- YOUR OBJECTIVE: Lines with the word "closing" in them must be copied from the records below.
─── TASK INPUT
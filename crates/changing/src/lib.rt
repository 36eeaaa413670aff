// The records that keep a plan or empty a slot (document 01, "Records"): "E, F, I, K and C raise the count by one", and so does X (change
// request E3). Each of them is refused where the count is at its limit. "Operands are read before c is written, so letters may repeat."
// (kept: a head and its columns side by side, as `slots::Head` says.)
#![tactic(auto)]

ghost use Rattle.std.specs.Prelude.{◌≡◌, true, false, OnErr};
ghost use Rattle.higman.specs.Listing.{is_slot};
ghost use Rattle.desk.specs.Records.{E, F, I, K, C, X};
ghost use Rattle.slots.specs.Desks.{desk_of, HoldsDesk};
ghost use Rattle.slots.specs.Works.{DoneSilently, work_of};
ghost use Rattle.changing.specs.Filling.{Fillable, head_of, filled, filled_columns, Keepable, DoneKeeping};
ghost use Rattle.changing.specs.Operands.{ReadOf};

use operations::refusals::Refusal;
use operations::{Plan, answers, closing, following};
use slots::{DRAFT, Head, Refused, Reply, Size, blocks};
use words::Shape;

// A plan, or no plan, put into a slot: one change, by which the pairs that the slot held are lost and those of the plan kept. 16.
#[tactic(auto, using(slots::proofs::Held::slots_eight))]
fn fill(head: &mut Head, columns: &mut [u64], i: usize, plan: Plan) -> Result<(), Refused>
    requires { Fillable head.old columns.old i plan }
    ensures value { head_of head.new result ≡ filled head.old i plan }
    ensures kept { OnErr result (head.new ≡ head.old) }
    ensures columns_after { columns.new ≡ filled_columns head.old columns.old i plan }
{
    if slots::is_full(head) {
        return Err(Refusal::CountFull.into());
    }
    blocks::put(columns, i, plan);
    head.control = slots::noted(head.control, head.sizes[i].pairs, plan.pairs);
    head.sizes[i] = Size {
        arity: plan.arity,
        roots: plan.roots,
        pairs: plan.pairs,
    };
    head.draft = None;
    Ok(())
}

// A plan kept in a slot. 16.
fn keep(head: &mut Head, columns: &mut [u64], i: usize, plan: Plan) -> Result<Reply, Refused>
    requires { Keepable head.old columns.old i plan }
    ensures done { DoneKeeping head.old i plan columns.old (work_of head.new result) columns.new }
    ensures kept { OnErr result (head.new ≡ head.old) }
{
    fill(head, columns, i, plan)?;
    Ok(Reply::Number(plan.pairs as u32))
}

// E: 2, 6 and 7 of the from column, 6 and 7 of the to column, 16.
pub fn close(head: &mut Head, columns: &mut [u64]) -> Result<Reply, Refused>
    requires { HoldsDesk head.old columns.old }
    ensures done { DoneSilently E head.old columns.old (work_of head.new result) columns.new }
    ensures kept { OnErr result (head.new ≡ head.old) }
{
    let slot = head.draft.ok_or(Refusal::WrongState)?;
    let draft = blocks::value(*head, columns, DRAFT);
    let plan = closing::close(&draft)?;
    keep(head, columns, slot as usize, plan)
}

// The plan in a slot that a record reads. 9.
fn operand(head: &Head, columns: &[u64], a: u8) -> Result<Plan, Refused>
    requires holds_desk { HoldsDesk head.now columns.now }
    requires a_value { is_slot a ≡ true }
    ensures { ReadOf (desk_of head.now columns.now) a result }
{
    let plan = blocks::value(*head, columns, slots::slot_number(a));
    if plan.pairs == 0 {
        return Err(Refusal::SlotEmpty.into());
    }
    Ok(plan)
}

// F: 2, 8, 20, 9, 10, 11, 16.
pub fn follow(head: &mut Head, columns: &mut [u64], a: u8, b: u8, c: u8) -> Result<Reply, Refused>
    requires { HoldsDesk head.old columns.old }
    ensures done { DoneSilently (F a b c) head.old columns.old (work_of head.new result) columns.new }
    ensures kept { OnErr result (head.new ≡ head.old) }
{
    slots::admission(head, &[a, b], &[c])?;
    let first = operand(head, columns, a)?;
    let second = operand(head, columns, b)?;
    let plan = following::compose(first, second)?;
    keep(head, columns, slots::slot_number(c), plan)
}

// I: 2, 8, 20, 9, 16.
pub fn invert(head: &mut Head, columns: &mut [u64], a: u8, c: u8) -> Result<Reply, Refused>
    requires { HoldsDesk head.old columns.old }
    ensures done { DoneSilently (I a c) head.old columns.old (work_of head.new result) columns.new }
    ensures kept { OnErr result (head.new ≡ head.old) }
{
    slots::admission(head, &[a], &[c])?;
    let plan = operand(head, columns, a)?;
    keep(
        head,
        columns,
        slots::slot_number(c),
        following::inverse(plan),
    )
}

// K: 2, 8, 20, 12, 9, 11, 16.
pub fn power(head: &mut Head, columns: &mut [u64], a: u8, k: i32, c: u8) -> Result<Reply, Refused>
    requires { HoldsDesk head.old columns.old }
    ensures done { DoneSilently (K a k c) head.old columns.old (work_of head.new result) columns.new }
    ensures kept { OnErr result (head.new ≡ head.old) }
{
    slots::admission(head, &[a], &[c])?;
    if !following::is_power(k) {
        return Err(Refusal::PowerOutside.into());
    }
    let plan = operand(head, columns, a)?;
    let raised = following::power(plan, k)?;
    keep(head, columns, slots::slot_number(c), raised)
}

// X: 2, 8, 20, 3, 17, 5, 4, 16.
pub fn exercise(
    head: &mut Head,
    columns: &mut [u64],
    slot: u8,
    shape: Shape,
    splits: u8,
    seed: u64,
) -> Result<Reply, Refused>
    requires { HoldsDesk head.old columns.old }
    ensures done { DoneSilently (X slot shape.arity shape.roots splits seed) head.old columns.old (work_of head.new result) columns.new }
    ensures kept { OnErr result (head.new ≡ head.old) }
{
    slots::admission(head, &[], &[slot])?;
    if !shape.is_in_range() {
        return Err(Refusal::ShapeOutside.into());
    }
    let plan = exercises::make(shape, splits, seed)?;
    keep(head, columns, slots::slot_number(slot), plan)
}

// C: 2, 8, 20, 9, 16.
pub fn empty(head: &mut Head, columns: &mut [u64], a: u8) -> Result<Reply, Refused>
    requires { HoldsDesk head.old columns.old }
    ensures done { DoneSilently (C a) head.old columns.old (work_of head.new result) columns.new }
    ensures kept { OnErr result (head.new ≡ head.old) }
{
    slots::admission(head, &[], &[a])?;
    let i = slots::slot_number(a);
    if head.sizes[i].pairs == 0 {
        return Err(Refusal::SlotEmpty.into());
    }
    fill(head, columns, i, answers::blank())?;
    Ok(Reply::Ok)
}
──────
- WRITTEN RESPONSE:
use operations::{Plan, answers, closing, following};
    let plan = closing::close(&draft)?;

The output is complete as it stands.